Dr. Gunnoe's study was similar to Straus', but it looked at a group of 1,110 children from 4 to 11 years old for five years. She, too, found that the children who were spanked became more antisocial. But she found a statistically significant association between spanking and increased aggression, as measured by the number of fights at school, only among boys 8 to 11 years old who lived with single mothers who are white. She found a significant association between spanking and less aggression among children of black mothers, regardless of their sex, age or family situation, and among 4- to 7-year-olds, regardless of their sex, family situation or mother's race.

"This study challenges the notion of the simplistic relationship between spanking and aggression," Dr. Gunnoe said. She said she thought that spanking was most likely to lead to aggressive behavior in children if they perceived it as an aggressive act.

Her theory is that children under 8 tend to regard spanking as a parent's rightful exercise of authority, while older children are more likely to see it as aggressive because they are less willing to accept parental authority.

In addition, Dr.

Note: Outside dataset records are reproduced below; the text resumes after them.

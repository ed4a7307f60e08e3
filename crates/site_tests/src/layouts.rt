//! Parts that are grown turbine by turbine until one is blocked.

use layout_meaning::{Cable, JoinFault, Layout, LayoutFull, PartialLayout, Rule, part_blocked};
use sample_sites::site_of;
use std::alloc::{AllocError, Global};
use std::test::Fail;

/// A substation with one feeder, three turbines that stand with it on the corners of a square, and a fourth turbine behind the first. A cable
/// bears the power of two turbines.
const SQUARE: &str =
    "site 1\nmode tree\ntype 200 1\nsubstation S 0 0 1 10000\nturbine A 0 1000 100\nturbine B 1000 0 100\nturbine C 1000 1000 100\nturbine D 0 2000 100\nend site\n";

/// A substation with one feeder and two turbines; the type of greater capacity comes first.
const TWO_TYPES: &str =
    "site 1\nmode tree\ntype 200 3\ntype 100 2\nsubstation S 0 0 1 10000\nturbine A 0 1000 100\nturbine B 1000 0 100\nend site\n";

/// The cables that join the first two turbines.
const JOINED: [Cable; 2] = [
    Cable {
        from: 1,
        to: 0,
        grade: 0,
    },
    Cable {
        from: 2,
        to: 1,
        grade: 0,
    },
];

/// Joins the first two turbines, and tells which are blocked or joined before, between and after.
fn joins(part: &mut PartialLayout) -> [bool; 10] {
    [
        part.blocked(3),
        part.try_join(1, 0).is_ok(),
        part.joined(1),
        part.joined(0),
        part.blocked(3),
        part.try_join(2, 1).is_ok(),
        part.blocked(3),
        part.blocked(2),
        part.blocked(0),
        part.blocked(5),
    ]
}

#[test]
fn joins_turbines_until_one_is_blocked(rt: HostRuntime) -> Result<(), Fail> {
    let alloc = rt.alloc();
    let site = site_of(alloc, SQUARE)?;
    let mut part = PartialLayout::new(alloc, &site)?;
    let want = [
        false, true, true, false, false, true, true, false, false, false,
    ];
    assert_eq!(rt; joins(&mut part), want);
    assert!(&rt; part.layout().cables() == JOINED.as_slice());
    assert!(&rt; part.into_layout().cables() == JOINED.as_slice());
    Ok(())
}

#[test]
fn refuses_arcs(rt: HostRuntime) -> Result<(), Fail> {
    let alloc = rt.alloc();
    let site = site_of(alloc, SQUARE)?;
    let mut part = PartialLayout::new(alloc, &site)?;
    assert_eq!(rt; part.try_join(1, 0), Ok(()));
    let refusals = [
        (1, 0, JoinFault::Joined),
        (0, 1, JoinFault::Joined),
        (5, 9, JoinFault::Joined),
        (2, 2, JoinFault::Target),
        (2, 3, JoinFault::Target),
        (2, 5, JoinFault::Target),
        (4, 0, JoinFault::Candidate),
        (2, 0, JoinFault::Breaks(Rule::Feeders, 0, 0)),
    ];
    for (from, to, fault) in refusals {
        assert_eq!(rt; part.try_join(from, to), Err(fault));
    }
    assert_eq!(rt; part.try_join(2, 1), Ok(()));
    for (to, fault) in [
        (0, JoinFault::Breaks(Rule::Feeders, 0, 0)),
        (1, JoinFault::Breaks(Rule::Overload, 1, 0)),
        (2, JoinFault::Breaks(Rule::Overload, 1, 0)),
    ] {
        assert_eq!(rt; part.try_join(3, to), Err(fault));
    }
    Ok(())
}

#[test]
fn chooses_the_cheapest_types_anew(rt: HostRuntime) -> Result<(), Fail> {
    let alloc = rt.alloc();
    let site = site_of(alloc, TWO_TYPES)?;
    let mut part = PartialLayout::new(alloc, &site)?;
    let cable = |from, to, grade| Cable { from, to, grade };
    assert_eq!(rt; part.try_join(1, 0), Ok(()));
    assert_eq!(rt; part.layout().cables(), [cable(1, 0, 1)].as_slice());
    assert_eq!(rt; part.try_join(2, 1), Ok(()));
    assert_eq!(rt;
        part.layout().cables(),
        [cable(1, 0, 0), cable(2, 1, 1)].as_slice()
    );
    Ok(())
}

#[test]
fn only_grown_parts_block(rt: HostRuntime) -> Result<(), Fail> {
    let alloc = rt.alloc();
    let site = site_of(alloc, SQUARE)?;
    let mut lost = Layout::new(alloc)?;
    let from_b = Cable {
        from: 2,
        to: 1,
        grade: 0,
    };
    assert_eq!(rt; lost.push(from_b), Ok(()));
    assert!(&rt; !part_blocked(&site, &lost, 3));
    Ok(())
}

#[test]
fn takes_256_cables(rt: HostRuntime) -> Result<(), AllocError> {
    let mut layout = Layout::new(rt.alloc())?;
    for from in 0..256u32 {
        let cable = Cable {
            from: 255 - from,
            to: 256,
            grade: 0,
        };
        assert_eq!(rt; layout.push(cable), Ok(()));
    }
    let further = Cable {
        from: 0,
        to: 1,
        grade: 0,
    };
    assert_eq!(rt; layout.push(further), Err(LayoutFull));
    layout.arrange();
    for (from, cable) in layout.cables().iter().enumerate() {
        assert_eq!(rt; cable.from as usize, from);
    }
    Ok(())
}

Gunnoe proposes that black children are more inclined than white children to think spanking is acceptable because it is favored in the black community. "In therapy, some black mothers say, 'Timeouts are for white people,' " Dr. Gunnoe said, referring to a method advocated in many child-care books of isolating a child briefly as punishment for misbehavior.

As for the sex difference her study found, Dr. Gunnoe said that one reason spanking was followed by more aggression only in boys could be that girls were less aggressive by nature.

These studies leave many questions. Does spanking weaken the parent-child bond? How often does it get out of control and cause physical harm? Does spanking even work as a mode of discipline?

Though many parents are convinced that, when all else fails, spanking works because children often stop misbehaving immediately, research shows that it is no more effective than other disciplinary measures, like timeouts, Dr. Socolar said.

So should anyone spank a child if the benefits are questionable and there are known and suspected risks? Dr. Catherine D. DeAngelis, the editor of The Archives of Pediatric and Adolescent Medicine, had this answer in a brief editor's note: "I still believe that it is better to spare the child and spoil the rod."